MIAMI — Witnesses will testify live from Pakistan via video beamed to a federal courtroom as part of the defense case in the trial of a Muslim cleric accused of financially supporting the Pakistani Taliban.

 

U.S. District Judge Robert Scola approved the unusual testimony in the case of 77-year-old imam Hafiz Khan. The first five witnesses will be questioned beginning Feb. 11 at an Islamabad hotel, and jurors will watch on courtroom TV screens. Scola said Tuesday the arrangement is costing taxpayers about $130,000.

 

Khan is on trial for allegedly funneling at least $50,000 to the Pakistani Taliban, listed by the U.S. as a terrorist group linked to al-Qaida. Khan insists the money was for innocent purposes, and the Pakistani witnesses are expected to back that up.
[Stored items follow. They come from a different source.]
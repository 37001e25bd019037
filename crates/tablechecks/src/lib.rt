// Checked tables: all rules for a table, its statistics list and its guarantees.
#![tactic(auto)]

ghost use Rattle.std.specs.Prelude.{◌≡◌, ◌/◌, ◌<◌, length};
ghost use Rattle.words.specs.Word.{words_of};
ghost use Rattle.pruning.specs.TableChecking.{is_bound, bound_type, table_literal, table_named, table_node_fine, check_table_from, table_fine, words_within, checked_table};
ghost use Rattle.tablechecks.specs.Naming.{list_of, statistic_named, against_named};

use literals::Literal;
use predicate::Column;
use pruning::TableNode;
use statistics::{Place, Statistic};

// A table with what its words name: the schema, the statistics list and the literal pool.
#[derive(Clone, Copy)]
pub struct Lent<'a> {
    pub schema: &'a [u8],
    pub list: &'a [u8],
    pub pool: &'a [u8],
    pub table: &'a [u8],
}

// The statistic at a place of the list, if the list has that place.
#[tactic(auto, using(crate::specs::Naming::length_list))]
fn named(list: &[u8], p: Place) -> Option<Statistic>
    ensures { result ≡ statistic_named (list_of list.now) p }
{
    if (p.0 as usize) < list.len() / 8 {
        Some(statistics::statistic_at(list, p))
    } else {
        None
    }
}

// Whether a statistic is a column's least or greatest value.
fn is_bound(s: Statistic) -> bool
    ensures { result ≡ is_bound s }
{
    matches!(s, Statistic::Least(_) | Statistic::Greatest(_))
}

// The type of a statistic's column.
fn bound_type(schema: &[u8], s: Statistic) -> u8
    ensures { result ≡ bound_type schema.now s }
{
    predicate::type_in(schema, Column(statistics::column_in(s)))
}

// A literal word of a statistic's column: null or of its type, inside the pool, text up to 1,025 bytes.
fn table_literal(schema: &[u8], pool: &[u8], s: Statistic, w: u64) -> bool
    ensures { result ≡ table_literal schema.now pool.now s w }
{
    suiting::word_suits(pool, bound_type(schema, s), w)
        && literals::length_of(w) <= limits::MAX_TABLE_TEXT_BYTES
}

// A comparison at a place names a least or greatest value, and the literal word behind it suits that.
#[tactic(auto, using(words::specs::WordLaws::length_words, crate::specs::Naming::named_sorted))]
fn against_named(t: &Lent<'_>, at: usize, p: Place) -> bool
    requires { at < length t.now.table.now / 8 }
    ensures { result ≡ against_named t.now.schema.now (list_of t.now.list.now) t.now.pool.now (words_of t.now.table.now) at p }
{
    match named(t.list, p) {
        Some(s) => {
            is_bound(s)
                && at + 1 < t.table.len() / 8
                && table_literal(t.schema, t.pool, s, words::word_or_zero(t.table, at + 1))
        }
        None => false,
    }
}

// A node whose word stands at a place names what its kind reads.
#[tactic(auto, using(crate::specs::Naming::named_sorted))]
fn table_named(t: &Lent<'_>, at: usize, n: TableNode) -> bool
    requires { at < length t.now.table.now / 8 }
    ensures { result ≡ table_named t.now.schema.now (list_of t.now.list.now) t.now.pool.now (words_of t.now.table.now) at n }
{
    match n {
        TableNode::Always(_) | TableNode::Join(_) | TableNode::Negation => true,
        TableNode::Against(_, p, _, _) => against_named(t, at, p),
        TableNode::Positive(p) => matches!(named(t.list, p), Some(Statistic::Blanks(_))),
        TableNode::Differ(p, q) => {
            matches!(named(t.list, p), Some(Statistic::Blanks(_)))
                && matches!(named(t.list, q), Some(Statistic::Rows))
        }
        TableNode::Holds(p) => match named(t.list, p) {
            Some(s) => is_bound(s) && bound_type(t.schema, s) == Literal::TRUTH,
            None => false,
        },
    }
}

// The word at a place is there, formed as its kind is, and names what its kind reads.
#[tactic(auto, using(words::specs::WordLaws::length_words))]
pub fn table_node_fine(t: &Lent<'_>, at: usize) -> bool
    ensures { result ≡ table_node_fine t.now.schema.now (list_of t.now.list.now) t.now.pool.now (words_of t.now.table.now) at }
{
    at < t.table.len() / 8
        && pruning::table_formed(words::word_or_zero(t.table, at))
        && table_named(t, at, pruning::table_node_at(t.pool, t.table, at))
}

// Checks the table at a place, with a depth left: the place of the word behind it, or none if it breaks a rule.
#[tactic(auto, using(crate::specs::Checks::check_zero, crate::specs::Checks::check_step, crate::specs::Checks::fine_inside))]
pub fn check_table(t: &Lent<'_>, depth: usize, at: usize) -> Option<usize>
    ensures { result ≡ check_table_from t.now.schema.now (list_of t.now.list.now) t.now.pool.now (words_of t.now.table.now) depth at }
{
    if depth == 0 || !table_node_fine(t, at) {
        return None;
    }
    match pruning::table_node_at(t.pool, t.table, at) {
        TableNode::Join(_) => {
            let m = check_table(t, depth - 1, at + 1)?;
            check_table(t, depth - 1, m)
        }
        TableNode::Negation => check_table(t, depth - 1, at + 1),
        TableNode::Against(_, _, _, _) => Some(at + 2),
        TableNode::Always(_)
        | TableNode::Positive(_)
        | TableNode::Differ(_, _)
        | TableNode::Holds(_) => Some(at + 1),
    }
}

// One prefix tree, nothing over, depth up to 289.
#[tactic(auto, using(words::specs::WordLaws::length_words), unfolding(pruning::specs::TableChecking::table_fine))]
pub fn table_fine(t: &Lent<'_>) -> bool
    ensures { result ≡ table_fine t.now.schema.now (list_of t.now.list.now) t.now.pool.now (words_of t.now.table.now) }
{
    check_table(t, limits::MAX_TABLE_DEPTH, 0) == Some(t.table.len() / 8)
}

// Whole words within their room.
fn words_within(bs: &[u8], room: usize) -> bool
    ensures { result ≡ words_within bs.now room }
{
    bs.len() % 8 == 0 && bs.len() <= room
}

// All rules for a checked table.
#[tactic(auto, unfolding(pruning::specs::TableChecking::checked_table))]
pub fn checked_table(
    schema: &[u8],
    table: &[u8],
    pool: &[u8],
    list: &[u8],
    guarantees: &[u8],
) -> bool
    ensures { result ≡ checked_table schema.now table.now pool.now list.now guarantees.now }
{
    let t = Lent {
        schema,
        list,
        pool,
        table,
    };
    words_within(table, limits::TABLE_ROOM)
        && pool.len() <= limits::TABLE_POOL_ROOM
        && words_within(list, limits::STATISTICS_ROOM)
        && words_within(guarantees, limits::GUARANTEES_ROOM)
        && pruning::statistics_fine(schema, list)
        && pruning::guarantees_fine(schema, guarantees)
        && table_fine(&t)
}
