/// A sum: one word, or two stores.
#[cycle(walk)]
fn sum_indices(
    alloc: Global,
    maxima: &[u64],
    vars: &[u64],
    scene: &mut Scene,
    target: &Target,
    room: &Room,
    spot: &Spot,
    term: &Term,
    a: &Term,
    b: &Term,
    number: u64,
) -> Result<u64, Stop>
    requires few { length spot.now.path ≤ 2147483647 }
    requires is { term.now ≡ add a.now b.now }
    requires left { IsShaped scene.old.shapes a.now }
    requires right { IsShaped scene.old.shapes b.now }
    requires free { all_free (given scene.old.shapes) ≡ true }
    requires ready { Ready maxima.now vars.now scene.old target.now (free_of room.now) spot.now (add a.now b.now) }
    ensures counts { Counts (sized maxima.now (printed_of (add a.now b.now) (place_at scene.old target.now (free_of room.now) spot.now)) number) result }
    ensures scene { OnOk result (scene.new ≡ scene.old) }
{
    if adds_words(alloc, &scene.shapes, a, b)? {
        return leaf_indices(alloc, maxima, vars, scene, target, spot, term, number);
    }
    two_indices(
        alloc, maxima, vars, scene, target, room, spot, spot, a, b, number,
    )
}

/// The parts of a concat.
#[cycle(walk)]
fn joined_indices(
    alloc: Global,
    maxima: &[u64],
    vars: &[u64],
    scene: &mut Scene,
    target: &Target,
    room: &Room,
    spot: &Spot,
    a: &Term,
    b: &Term,
    number: u64,
) -> Result<u64, Stop>
    requires few { length spot.now.path ≤ 2147483647 }
    requires left { IsShaped scene.old.shapes a.now }
    requires right { IsShaped scene.old.shapes b.now }
    requires free { all_free (given scene.old.shapes) ≡ true }
    requires ready { Ready maxima.now vars.now scene.old target.now (free_of room.now) spot.now (concat a.now b.now) }
    ensures counts { Counts (sized maxima.now (printed_of (concat a.now b.now) (place_at scene.old target.now (free_of room.now) spot.now)) number) result }
    ensures scene { OnOk result (scene.new ≡ scene.old) }
{
    let right = on_right(alloc, &scene.shapes, spot, a)?;
    two_indices(
        alloc, maxima, vars, scene, target, room, spot, &right, a, b, number,
    )
}

/// A binder: its bound, and then its part.
#[cycle(walk)]
fn bound_indices(
    alloc: Global,
    maxima: &[u64],
    vars: &[u64],
    scene: &mut Scene,
    target: &Target,
    room: &Room,
    spot: &Spot,
    term: &Term,
    extent: &Aff,
    part: &Term,
    number: u64,
) -> Result<u64, Stop>
    requires few { length spot.now.path ≤ 2147483647 }
    requires is { IsBinder term.now extent.now part.now }
    requires whole { IsShaped scene.old.shapes term.now }
    requires part { IsShaped scene.old.shapes part.now }
    requires free { all_free (given scene.old.shapes) ≡ true }
    requires ready { Ready maxima.now vars.now scene.old target.now (free_of room.now) spot.now term.now }
    ensures counts { Counts (sized maxima.now (printed_of term.now (place_at scene.old target.now (free_of room.now) spot.now)) number) result }
    ensures scene { OnOk result (scene.new ≡ scene.old) }
{
    let inner = bound(alloc, maxima, vars, extent, number)?;
    let below = child_spot(alloc, &scene.shapes, spot, term)?;
    let vars = inner.vars.as_slice();
    term_indices(
        alloc,
        maxima,
        vars,
        scene,
        target,
        room,
        &below,
        part,
        inner.number,
    )
}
If convicted, Khan faces up to 15 years in prison on each of four counts.

 

Four of the witnesses that will begin testifying on Feb. 11 are alleged by prosecutors to be Taliban members or sympathizers, including Khan’s daughter Amina Khan. She and two of the others are charged in the same U.S. case as their father, but Pakistan has refused to arrest them, federal prosecutors say.

 

“We have no information that’s going to happen,” Sullivan said.

 

Earlier, prosecutors dropped charges against one of Khan’s sons, and Scola earlier this month dismissed the case against a second son because of insufficient evidence. Trial of the elder Khan is expected to last through most of February.